Records from a data collection
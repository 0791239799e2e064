//! Input: all of it, or why there is none.
use bfs_replay::{Failure, read_input};
use bfs_testing::{holds, same};
use std::io;
use std::io::{ErrorKind, Read};
use std::test::Fail;

const TEXT: &[u8] = b"batch 1.000000\n0 1 null\n";

#[test]
fn reads_input(rt: HostRuntime) -> Result<(), Fail> {
    let text = read_input(rt.alloc(), TEXT)?;
    holds!(rt; text.as_slice() == TEXT);
    Ok(())
}

/// A reader that gives its bytes and then refuses.
#[derive(Drop)]
struct Broken {
    bytes: &'static [u8],
    kind: ErrorKind,
}

impl Read for Broken {
    fn read(&mut self, into: &mut [u8]) -> io::Result<usize> {
        if self.bytes.is_empty() {
            return Err(io::Error::from(self.kind));
        }
        self.bytes.read(into)
    }
}

#[test]
fn tells_why_the_reader_refuses(rt: HostRuntime) {
    let broken = |kind| Broken { bytes: TEXT, kind };
    let refused = read_input(rt.alloc(), broken(ErrorKind::PermissionDenied));
    same!(rt; refused.err(), Some(Failure::Input));
    let refused = read_input(rt.alloc(), broken(ErrorKind::OutOfMemory));
    same!(rt; refused.err(), Some(Failure::Memory));
}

### Work to be completed
Which lines of the records above contain the word "ErrorKind"? Report each one.

### Your solution
use std::io::{ErrorKind, Read};
    kind: ErrorKind,
    let refused = read_input(rt.alloc(), broken(ErrorKind::PermissionDenied));
    let refused = read_input(rt.alloc(), broken(ErrorKind::OutOfMemory));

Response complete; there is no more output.